Figure 1. SEM, TEM graphs and DLS size distributions of (a,d,g) the synthesized Fe3O4, (b,e,h) Fe3O4@PDA, and (c,f,i) Fe3O4@PDA@ZIF-90 nanoparticles (inset: photographs of the nanoparticles dispersed in water) .
On the other hand, the powder XRD patterns and FTIR spectra were also used to further confirm the construction of Fe3O4@PDA@ZIF-90 nanoparticles. As illustrated in the XRD patterns ()), the peaks of Fe3O4 observed at 2θ = 30.7°, 36.0°, 43.5°, 54.0°, 58.0°, and 63.4° were assigned to the (220), (311), (400), (422), (511), and (440) planes (JCPDS Card No. 19–0629). The characteristic peaks of Fe3O4@PDA nanoparticles were same as Fe3O4 nanoparticles due to the amorphous PDA structure, suggesting that the coating process of PDA layer did not influence the original crystallinity of Fe3O4 nanoparticles. After the growth of ZIF-90 on Fe3O4@PDA nanoparticles, the additional characteristic peaks at 2θ = 10.5°, 12.9°, 14.9°, 16.6°, 18.0°, 22.3°, 24.5°, 26.8°, 29.8°, 30.6°, and 32.5° were correspond to the (200), (112), (022), (013), (222), (114), (223), (134), (044), (244), and (235) planes of crystalline ZIF-90. Both of the emergence of the characteristic peaks of ZIF-90 and the weakness of the characteristic peaks of Fe3O4 indicated the successful growth of ZIF-90 on Fe3O4@PDA nanoparticle. In FTIR spectra ()), stretching vibration at 580 cm−1 was assigned to the Fe-O bonds in Fe3O4 nanoparticles. After polymerization of dopamine on Fe3O4 nanoparticle, one more peak at 1290 cm−1 was related to the C-O and C-N stretching vibration on PDA layer. The vibrations at 1680 cm−1 (C = O), 1350 ~ 1500 cm−1 (imidazole ring), 1171 and 958 cm−1 (C-N) were the special bonds of ZIF-90, and thereby confirmed the growth of ZIF-90 on the nanoparticles.
Figure 2. (a) Powder XRD patterns and (b) FTIR spectra of different nanoparticles.

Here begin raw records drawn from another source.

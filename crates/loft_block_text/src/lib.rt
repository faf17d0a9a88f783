//! The text of a scheduler's block, in parts: its first line, its instants by `push_instant` of `loft_instant_text`, and
//! how the scheduler stands in the end.
#![tactic(auto)]

mod last;
mod start;

pub use last::push_final;
pub use start::push_block_start;
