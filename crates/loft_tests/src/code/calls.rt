//! Code that no listing says: of a module without a name, and with numbers that nothing declares.

ghost use Rattle.std.specs.Prelude.{◌≡◌, [], ◌∷◌, IfOk};
ghost use Rattle.loft_tree.specs.declared.heads.Place.TheVariants.{Unlinked};
ghost use Rattle.loft_tree.specs.declared.heads.HeadItem.TheVariants.{Module as AModule};
ghost use Rattle.loft_code.specs.View.{lines_of};
ghost use Rattle.loft_code.specs.Fits.{LinesFit};

use super::at;
use loft_base::{ModuleId, NoMemory, SchedId, Sequence};
use loft_code::{CodeError, CodeLine, CodeProgram, ModuleCode, Op, RawCode, validate};
use loft_tree::{HeadItem, Heads, NamedExpr, Pause, Place, SharedHeads, Signature};
use std::alloc::Global;
use std::test::Fail;

/// `module m() in unlinked`
fn heads(alloc: Global) -> Result<Heads, NoMemory>
    ensures { IfOk result (λ h. h ≡ record {
      schedulers = [];
      events = [];
      shared = [];
      modules = record {
        name = 109 ∷ [];
        parameters = [];
        locals = [];
        begin = Unlinked;
        end = Unlinked;
      } ∷ [];
      starts = [];
      clients = [];
      items = AModule (record { 0 = 0 }) ∷ [];
    }) }
{
    let mut modules = Sequence::new(alloc);
    modules.push(Signature {
        name: Sequence::from_slice(alloc, b"m")?,
        parameters: Sequence::new(alloc),
        locals: Sequence::new(alloc),
        begin: Place::Unlinked,
        end: Place::Unlinked,
    })?;
    Ok(Heads {
        schedulers: Sequence::new(alloc),
        events: Sequence::new(alloc),
        shared: SharedHeads::none(alloc),
        modules,
        starts: Sequence::new(alloc),
        clients: Sequence::new(alloc),
        items: Sequence::from_slice(alloc, &[HeadItem::Module(ModuleId(0))])?,
    })
}

/// Code of that module.
fn code(alloc: Global, lines: Vec<CodeLine>) -> Result<RawCode, NoMemory>
    requires { LinesFit (lines_of (record { lines = lines })) }
{
    let heads = heads(alloc)?;
    let mut modules = Vec::new(alloc);
    modules.push(ModuleCode { lines })?;
    Ok(RawCode::new(CodeProgram { heads, modules }))
}

#[test]
fn an_end_is_enough(rt: HostRuntime) -> Result<(), Fail> {
    let mut lines = Vec::new(rt.alloc());
    lines.push(CodeLine {
        place: Place::Unlinked,
        depth: 0,
        op: Op::End,
    })?;
    let valid = validate(rt.alloc(), code(rt.alloc(), lines)?).expect(&rt, "valid");
    assert_eq!(rt; valid.heads().modules.len(), 1);
    assert_eq!(rt; valid.program().modules.len(), 1);
    assert_eq!(rt; valid.raw().program().modules.len(), 1);
    Ok(())
}

/// The error of code of that module.
fn error(alloc: Global, lines: Vec<CodeLine>) -> Result<Option<CodeError>, NoMemory>
    requires { LinesFit (lines_of (record { lines = lines })) }
{
    let raw = code(alloc, lines)?;
    Ok(validate(alloc, raw).err())
}

/// A module has an end.
fn without_an_end(alloc: Global) -> Result<Option<CodeError>, NoMemory> {
    error(alloc, Vec::new(alloc))
}

/// A number that nothing declares is asked after targets.
fn with_a_target_and_a_name(alloc: Global) -> Result<Option<CodeError>, NoMemory> {
    let mut lines = Vec::new(alloc);
    lines.push(CodeLine {
        place: Place::Unlinked,
        depth: 0,
        op: Op::Branch {
            target: 1,
            test: NamedExpr::Slot(0),
        },
    })?;
    error(alloc, lines)
}

/// It is asked before the numbers of stops.
fn with_a_name_and_a_stop(alloc: Global) -> Result<Option<CodeError>, NoMemory> {
    let mut lines = Vec::new(alloc);
    lines.push(CodeLine {
        place: Place::Unlinked,
        depth: 0,
        op: Op::Hold {
            stop: 2,
            pause: Pause::Link(SchedId(0)),
        },
    })?;
    lines.push(CodeLine {
        place: Place::Unlinked,
        depth: 0,
        op: Op::End,
    })?;
    error(alloc, lines)
}

#[test]
fn names_are_asked_after_targets_and_before_stops(rt: HostRuntime) {
    let alloc = rt.alloc();
    let errors = [
        without_an_end(alloc),
        with_a_target_and_a_name(alloc),
        with_a_name_and_a_stop(alloc),
    ];
    let wanted = [
        Ok(Some(CodeError::JumpOut(at(0)))),
        Ok(Some(CodeError::JumpOut(at(0)))),
        Ok(Some(CodeError::BadName(at(0)))),
    ];
    assert_eq!(rt; errors, wanted);
}
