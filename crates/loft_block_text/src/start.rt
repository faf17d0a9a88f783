//! The first line of a block.

ghost use Rattle.std.specs.Prelude.{◌++◌, ◌∷◌, []};
ghost use Rattle.loft_value_text.specs.Appending.{Appends};
ghost use Rattle.loft_orders.specs.Lines.{scheduler_line};

use loft_base::SchedId;
use loft_tree::Heads;
use loft_value_text::{TextWriter, push_scheduler_name};

/// The first line of a scheduler's block (docs/REPORT.md, "The report").
pub fn push_block_start<W: TextWriter>(text: &mut W, heads: &Heads, s: SchedId)
    ensures { Appends W.is_whole W.kept W.extended text.old text.new
        (scheduler_line heads.now s ++ 10 ∷ []) }
{
    text.text("scheduler ");
    push_scheduler_name(text, heads, s);
    text.byte(b'\n');
}
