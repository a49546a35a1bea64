// Starts, steps and pictures over the cases of the standard input. What is due stands in stdout, made by tests/vectors/make.
// A line that starts with '#' is a heading. Any other line is bytes in hexadecimal, and the first of them says what to do (numbers
// have their high byte first):
//   00 SHEET        from here on, this sheet
//   01              start; the table it gives is the current one from here on
//   02 NUMBER       step the current table by the move of this number (8 bytes), and go on with the table that comes back
//   03 COUNT MASKS  the current table: its count (8 bytes), then 128 pairs of masks (4 bytes each), zeros where the line ends before
//   04 SIZE         the picture of the current table in a buffer of so many bytes (2 bytes, at most 4096), each 170 before
// Written: the answer; for 01 and 02 the count and a digest of all slots of the table that comes back and, where it is accepted and n
// is at most 10, how many worlds the table stands for; for 04 the number of clauses and a digest of the buffer.
#![tactic(auto)]

ghost use Rattle.std.specs.Prelude.{◌≤◌};

use cases::Bytes;
use std::io;
use std::io::Write;
use table::{Table, TableAnswer};

// A table with no entries.
fn empty_table() -> Table {
    Table {
        count: 0,
        trues: [0; 128],
        falses: [0; 128],
    }
}

// The world w has the literals of some entry.
fn covered(t: &Table, w: u32) -> bool {
    let entries = t.trues.iter().zip(&t.falses);
    for (trues, falses) in entries.take(t.count) {
        if *trues & !w == 0 && *falses & w == 0 {
            return true;
        }
    }
    false
}

// How many worlds of n propositions a table stands for, counted one by one.
fn count_worlds(t: &Table, n: u8) -> u64
    requires { n ≤ 10 }
{
    let worlds = 1u32 << n;
    (0..worlds).filter(|w| covered(t, *w)).count() as u64
}

// What a call on tables gave, written; the table that came back.
fn show_table(to: &mut impl Write, sheet: &[u8], r: TableAnswer) -> io::Result<Table> {
    let answer = r.answer;
    cases::write_answer(to, answer)?;
    let t = r.table;
    cases::write_table(to, t.count, &t.trues, &t.falses)?;
    if let (Ok(()), [n @ 0..=10, ..]) = (answer, sheet) {
        writeln!(to, "worlds {}", count_worlds(&t, *n))?;
    }
    Ok(t)
}

// The table of a line.
fn table_of(bytes: &[u8]) -> Table {
    let mut t = empty_table();
    t.count = cases::number(bytes, 1, 8) as usize;
    for i in 0..128 {
        t.trues[i] = (cases::number(bytes, 9 + 8 * i, 4) % 4294967296) as u32;
        t.falses[i] = (cases::number(bytes, 13 + 8 * i, 4) % 4294967296) as u32;
    }
    t
}

// The picture in a buffer of so many bytes, each 170 before: the answer and a digest of the buffer, written.
fn show_picture(to: &mut impl Write, sheet: &[u8], t: Table, size: usize) -> io::Result<()>
    requires { size ≤ 4096 }
{
    let mut room = [170; 4096];
    let buffer = &mut room[..size];
    let r = table::picture(sheet, t, buffer);
    cases::write_answer(to, r.answer)?;
    writeln!(
        to,
        "clauses {} buffer {}",
        r.clauses,
        cases::digest_bytes(buffer)
    )
}

// The size of a buffer, in two bytes.
fn buffer_size(bytes: &[u8]) -> usize
    ensures { result ≤ 4096 }
{
    (cases::number(bytes, 1, 2) % 4097) as usize
}

// What a case says, done: the current table from then on.
fn act(to: &mut impl Write, sheet: &[u8], t: Table, case: &[u8]) -> io::Result<Table> {
    match case {
        [1, ..] => show_table(to, sheet, table::start(sheet)),
        [2, ..] => show_table(
            to,
            sheet,
            table::step(sheet, t, cases::number(case, 1, 8) as usize),
        ),
        [3, ..] => Ok(table_of(case)),
        _ => {
            show_picture(to, sheet, t, buffer_size(case))?;
            Ok(t)
        }
    }
}

// The lines in turn, with the current sheet and the current table.
fn answer_lines(to: &mut impl Write, text: &[u8]) -> io::Result<()> {
    let mut sheet = Bytes::new();
    let mut bytes = Bytes::new();
    let mut t = empty_table();
    for line in text.split_inclusive(|b| *b == b'\n') {
        if let Some(case) = cases::read_case(to, line, &mut sheet, &mut bytes)? {
            t = act(to, sheet.as_slice(), t, case)?;
        }
    }
    Ok(())
}

fn main(rt: HostRuntime) -> io::Result<()> {
    let mut text = [0; cases::INPUT];
    let n = cases::read_full(&mut rt.stdin(), &mut text)?;
    answer_lines(&mut rt.stdout(), &text[..n])
}
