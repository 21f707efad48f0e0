// `EdgeChain`, `FaceNet`, `is_closed_manifold` and `winding_coherent`: 000's routines on ids alone. Each takes ids and a lent area,
// and either refuses, with nothing changed, or answers and leaves zero in the words that it needs.
// Stays here: the words and their n rows apart, for the reason that `steps` has; and ids and work apart, since C lends both.
#![tactic(auto)]

ghost use Rattle.std.specs.Prelude.{◌≡◌, ◌&&◌, List, ℕ, Bool, ◌*◌, length};
ghost use Rattle.ids.specs.Triangles.{triangle_count};
ghost use Rattle.ids.specs.EdgeChain.{enough, proper_edges, closed_manifold, winding_coherent};
ghost use Rattle.table.specs.inner.Words.{Lends, Leaves};
ghost use Rattle.steps.specs.inner.Rows.{EdgeTable, EdgeRows};
ghost use Rattle.chain.specs.Answers.{incidence_of, net_of};
ghost use Rattle.chain.specs.Answers.{EdgeChainGiven, FaceNetGiven, VerdictGiven};
ghost use Rattle.chain.specs.Answers.{ClosedManifoldGiven, WindingCoherentGiven};

use ids::Refusal;
pub use tally::{Incidence, Net};

// ---- over an area of just the words needed, which is zero afterwards

// Makes the chain and reads it.
fn chain_in(ids: &[u32], part: &mut [u32]) -> Incidence
    requires { Lends (4 * length ids.now) ids.now part.old }
    ensures { Leaves (4 * length ids.now) (incidence_of ids.now) result part.new }
{
    let said = tally::chain_of(ids, part);
    table::clear(part, 4 * ids.len());
    said
}

// Sums the faces.
fn net_in(ids: &[u32], part: &mut [u32]) -> Net
    requires { Lends (4 * triangle_count ids.now) ids.now part.old }
    ensures { Leaves (4 * triangle_count ids.now) (net_of ids.now) result part.new }
{
    let said = tally::net_of(ids, part);
    table::clear(part, 4 * (ids.len() / 3));
    said
}

// ---- the two questions with yes or no for an answer: they have one table, of all edges but those between equal ids

trait Question {
    ghost holds: { List ℕ → Bool };

    // What a table of all edges says, where there are enough ids.
    fn ask(part: &[u32], n: usize) -> bool
        requires { EdgeRows n part.now }
        ensures { (ids : List ℕ) → EdgeTable n part.now (proper_edges ids)
            → (enough (length ids) && result) ≡ holds ids };
}

// No edge is there that is not used twice, once each way.
struct ClosedManifold;

impl Question for ClosedManifold {
    ghost holds = { closed_manifold };

    fn ask(part: &[u32], n: usize) -> bool {
        let unpaired = edges::count::<edges::Unpaired>(part, n);
        unpaired == 0
    }
}

// Some edge is there, and at most one in fifty is used neither once nor twice, once each way.
struct WindingCoherent;

impl Question for WindingCoherent {
    ghost holds = { winding_coherent };

    fn ask(part: &[u32], n: usize) -> bool {
        let present = edges::count::<edges::Present>(part, n);
        let incoherent = edges::count::<edges::Incoherent>(part, n);
        (0 < present) & (50 * incoherent <= present)
    }
}

// Makes the table, asks it, and clears it.
fn answer_in<Q: Question>(ids: &[u32], part: &mut [u32]) -> bool
    requires { Lends (4 * length ids.now) ids.now part.old }
    ensures { Leaves (4 * length ids.now) (Q.holds ids.now) result part.new }
{
    let m = 4 * ids.len();
    let n = edges::rows(ids.len());
    table::clear(part, m);
    edges::gather::<edges::Proper>(ids, part, n);
    let said = Q::ask(part, n);
    table::clear(part, m);
    tally::enough(ids.len()) & said
}

// Refuses, or answers the question.
#[tactic(auto, using(table::proofs::Words::answered))]
fn answer<Q: Question>(ids: &[u32], work: &mut [u32]) -> Result<bool, Refusal>
    ensures { VerdictGiven Q.holds ids.now work.old result work.new }
{
    let m = 4 * ids.len();
    table::admit(ids.len(), m, work.len())?;
    Ok(answer_in::<Q>(ids, &mut work[..m]))
}

// ---- the public routines

// The edge chain of a list of ids: is it boundary-free, is it over-incident?
#[tactic(auto, using(table::proofs::Words::answered))]
pub fn edge_chain(ids: &[u32], work: &mut [u32]) -> Result<Incidence, Refusal>
    ensures { EdgeChainGiven ids.now work.old result work.new }
{
    let m = 4 * ids.len();
    table::admit(ids.len(), m, work.len())?;
    Ok(chain_in(ids, &mut work[..m]))
}

// Is each edge used twice, once each way?
pub fn is_closed_manifold(ids: &[u32], work: &mut [u32]) -> Result<bool, Refusal>
    ensures { ClosedManifoldGiven ids.now work.old result work.new }
{
    answer::<ClosedManifold>(ids, work)
}

// Is at most one edge in fifty used neither once nor twice, once each way?
pub fn winding_coherent(ids: &[u32], work: &mut [u32]) -> Result<bool, Refusal>
    ensures { WindingCoherentGiven ids.now work.old result work.new }
{
    answer::<WindingCoherent>(ids, work)
}

// The face net of a list of ids: the largest magnitude of a face's sum, and whether all sums are 0.
#[tactic(auto, using(table::proofs::Words::answered))]
pub fn face_net(ids: &[u32], work: &mut [u32]) -> Result<Net, Refusal>
    ensures { FaceNetGiven ids.now work.old result work.new }
{
    let m = 4 * (ids.len() / 3);
    table::admit(ids.len(), m, work.len())?;
    Ok(net_in(ids, &mut work[..m]))
}
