//! Words of 64 values of a table, value k at bit k.
ghost use Rattle.std.specs.Prelude.{◌≡◌, ℕ, ◌+◌, ◌*◌, ◌^◌, ◌<◌, ◌≤◌, nat_lt};
ghost use Rattle.ncl_gates.specs.Bits.{is_set};

/// The values of the function that is 1 everywhere, over words of `width` bits: value k is 1 where
/// there is a word number k.
pub(crate) fn all_ones(width: usize) -> u64
    requires { width ≤ 10 }
    ensures { (k : ℕ) → k < 64 → is_set result k ≡ nat_lt k (2 ^ width) }
{
    if width < 6 {
        let values = 1_usize << width;
        (1 << values) - 1
    } else {
        u64::MAX
    }
}

/// The bits of the numbers below 64, a word for each of their six bits.
const MASKS: [u64; 6] = [
    0xAAAA_AAAA_AAAA_AAAA,
    0xCCCC_CCCC_CCCC_CCCC,
    0xF0F0_F0F0_F0F0_F0F0,
    0xFF00_FF00_FF00_FF00,
    0xFFFF_0000_FFFF_0000,
    0xFFFF_FFFF_0000_0000,
];

/// The bit `shift` of each of the numbers from `64 * j` on.
pub(crate) fn bit_values(shift: usize, j: usize) -> u64
    requires { shift < 10 }
    ensures { (k : ℕ) → k < 64 → is_set result k ≡ is_set (64 * j + k) shift }
{
    if shift < 6 {
        MASKS[shift]
    } else if (j >> (shift - 6)) & 1 == 1 {
        u64::MAX
    } else {
        0
    }
}
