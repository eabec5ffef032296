//! Functions of the words of a stage, as values of a space that gives them names (`Space`): it makes the functions that it
//! is asked for, holds the beads of their tables, and goes back to a mark.
//!
//! What generic callers prove about sequences of its calls stands here, and `Plain`, which keeps truth tables, 64 values in
//! a number, for up to ten bits.
#![tactic(auto)]

pub mod laws;
mod plain;
mod space;
mod values;

pub use plain::Plain;
pub use space::{Mark, Ref, Space, SpaceFault};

TGA was carried out to further characterize different nanoparticles (). Before 200°C, the weight loss was the result of the ejection of the moisture. Compared with Fe3O4 nanoparticles, Fe3O4@PDA nanoparticles had significant weight loss starting at around 300°C owing to the decomposition of PDA. More weight loss of Fe3O4@PDA@ZIF-90 nanoparticles was observed in the range from 300 to 570°C, indicating the existence of ZIF-90 and its desirable thermal stability. On the basis of the weightlessness ratio, the mass ratios of Fe3O4, PDA, and ZIF-90 ingredients in the nanocomposites were calculated to be 44.4%, 19.7%, and 35.9%, respectively.
Figure 3. TGA of Fe3O4, Fe3O4@PDA, Fe3O4@PDA@ZIF-90, and Fe3O4@PDA@ZIF-90/DOX nanoparticles.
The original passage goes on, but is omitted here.